4. The system of claim 1, wherein the analyzer contains a wireless communication chip allowing for over-the-air transfer of calibration data or test results.

5. The system of claim 1, wherein the reagent cartridge is used to directly collect the patient sample before inserting into the analyzer.

6. The system of claim 1, wherein a patient sample is collected in a receptacle and then transferred to the reagent cartridge.

7. The system of claim 1, wherein the reagent cartridge contains a single test targeted at a family of pathogens.

8. The system of claim 1, wherein the reagent cartridge contains multiple tests which are targeted at multiple families of pathogens.

9. The system of claim 1, wherein the reagent cartridge contains additional test targeted at known pathogens to improve test specificity.

10. The system of claim 1, wherein reagents common between multiple test cartridges are stored in a sub-cartridge which is inserted into the reagent cartridge before use.

11. A method for rapidly screening large populations for a novel pathogen using the system of claim 1, the method comprising:

developing reagent cartridges prior to a pandemic using observed pathogen variation;

stockpiling reagent cartridges and analyzers at multiple testing facilities;

maintaining reagent cartridges over a period of time;

validating cartridge sensitivity to a novel pathogen; and

using the stockpiled cartridges and analyzers to perform testing for the novel pathogen.

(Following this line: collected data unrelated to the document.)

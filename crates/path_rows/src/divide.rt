//! The quotient of -7 and a racing word, which thread 0 loads at step 7, stores the low byte of at step 10, and writes at
//! step 14.

ghost use Rattle.std.specs.Prelude.{◌<◌, length};

use crate::symbolic::{Followed, is_met, paths_of};
use crate::terms::{Values, evaluate};
use bumpalo::Bump;
use bv_terms::pool::TermPool;
use guest_programs::logs::DIVIDE_LOG;
use guest_programs::programs::DIVIDE;
use guest_runs::guests::Guest;
use guest_runs::logged::read_guest;
use guest_runs::no_run::NoRun;
use odr_list::bytes::Bytes;
use odr_list::list::List;
use odr_list::memory::Memory;
use odr_log::log::Pos;
use path_exec::Paths;
use plain_walk::given::Supplied;
use std::alloc::Global;
use std::test::Fail;

/// The word that is loaded, changes of the log, and whether the constraints are met.
type Row = (u8, &'static [(usize, u8)], bool);

/// The written byte stands in the log at place 51.
static ROWS: [Row; 5] = [
    // By 0 the quotient is -1.
    (0, &[(51, 0xff)], true),
    (0, &[(51, 0x01)], false),
    // -7 by 2 is -3.
    (2, &[(51, 0xfd)], true),
    (2, &[(51, 0xff)], false),
    (2, &[(51, 0xfc)], false),
];

fn rows() -> &'static [Row] {
    &ROWS
}

/// What thread 0 hears at a step, where it loads this word and finds this byte when it writes.
fn heard(alloc: Global, step: u32, word: u8, byte: u8) -> Result<Bytes, Memory> {
    match step {
        7 => Bytes::from_slice(alloc, &[word, 0, 0, 0]),
        14 => Bytes::from_slice(alloc, &[byte]),
        _ => Ok(Bytes::new(alloc)),
    }
}

fn given(alloc: Global, word: u8, byte: u8) -> Result<Vec<List<Supplied>>, Memory> {
    let mut row = List::new(alloc);
    for step in 0..15 {
        row.push(Supplied {
            bytes: heard(alloc, step, word, byte)?,
            won: false,
        })?;
    }
    let mut given = Vec::new(alloc);
    given.push(row)?;
    Ok(given)
}

/// The byte that step 10 of thread 0 writes.
fn written(paths: &Paths, values: &Values) -> Option<u8> {
    let at = Pos {
        thread: 0,
        step: 10,
    };
    let mut accesses = paths.accesses.as_slice().iter();
    let access = accesses.find(|access| access.pos == at)?;
    let byte = access.writes.as_slice().first()?;
    u8::try_from(values.of(*byte)?).ok()
}

/// The byte that step 10 writes where this word is loaded.
fn stored(
    alloc: Global,
    pool: &TermPool<'_>,
    followed: &Followed,
    word: u8,
) -> Result<Option<u8>, NoRun>
    requires { followed.now.last.number < length pool.now }
{
    let rows = given(alloc, word, 0)?;
    match evaluate(alloc, pool, followed.last, rows.as_slice())? {
        Some(values) => Ok(written(&followed.paths, &values)),
        None => Ok(None),
    }
}

/// A guest that writes what the log's patches say.
fn divider(patches: &'static [(usize, u8)]) -> Guest {
    Guest {
        program: DIVIDE,
        log: &DIVIDE_LOG,
        patches,
        runs: &[],
        changes: &[],
        others: &[],
    }
}

/// Whether the constraints are met, where step 14 finds what step 10 wrote.
fn divides(
    alloc: Global,
    word: u8,
    patches: &'static [(usize, u8)],
) -> Result<Option<bool>, NoRun> {
    let logged = read_guest(alloc, &divider(patches))?;
    let arena = Bump::new(alloc);
    let mut pool = TermPool::new(alloc, &arena);
    let followed = paths_of(alloc, &mut pool, &logged)?;
    let Some(byte) = stored(alloc, &pool, &followed, word)? else {
        return Ok(None);
    };
    let rows = given(alloc, word, byte)?;
    is_met(alloc, &pool, &followed, rows.as_slice())
}

#[test]
fn the_quotient_is_that_of_the_standard(rt: HostRuntime) -> Result<(), Fail> {
    for (word, patches, met) in rows() {
        let found = divides(rt.alloc(), *word, patches)?;
        assert_eq!(rt; found, Some(*met), "by {word}, {patches:?}");
    }
    Ok(())
}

12. The method of claim 11, wherein the reagent cartridges are developed using observed genomic sequence data from species within a given pathogen family.

13. The method of claim 11, wherein the reagent cartridges are developed using genomic sequence data predicted from observed protein sequences within a given pathogen family.

14. The method of claim 11, wherein maintaining the reagent cartridges comprises making a routine comparison of reagent cartridges with novel variation observed in non-human populations.

15. The method of claim 11, wherein validating cartridge sensitivity is performed by a central authority to confirm cartridge sensitivity for a novel pathogen prior to wide-scale application.

16. The method of claim 11, wherein the test result is used to isolate infected individuals to prevent disease transmission.

17. The method of claim 11, wherein the test result is used to direct the application of high-specificity confirmatory testing for the novel pathogen.

18. The method of claim 11, wherein the test result is used to direct the application of high-specificity confirmatory testing for a panel of known pathogens.

19. A method for preventing disruptions to nucleic acid testing capacity using the system of claim 1, method comprising:

developing reagent cartridges using observed pathogen variation;

large scale stockpiling of reagent cartridges and analyzers at many testing facilities;

ongoing maintenance and validation of test cartridges; and

application of stockpiled cartridges and analyzers to perform testing for the novel pathogen during disruption to regular testing methods.

20. The method of claim 19, wherein the disruption to testing capacity is caused by pathogen mutation interfering with the sensitivity of species-specific testing.

21. The method of claim 19, wherein the disruption to testing capacity is caused by supply chain issues.

22. The method of claim 19, wherein the disruption to testing capacity is caused by quality control issues.

23. The method of claim 19, wherein the ongoing maintenance and validation of test cartridges involves routine observation of pathogen mutation and validation of test cartridge sensitivity in the presence of observed mutations by a central authority.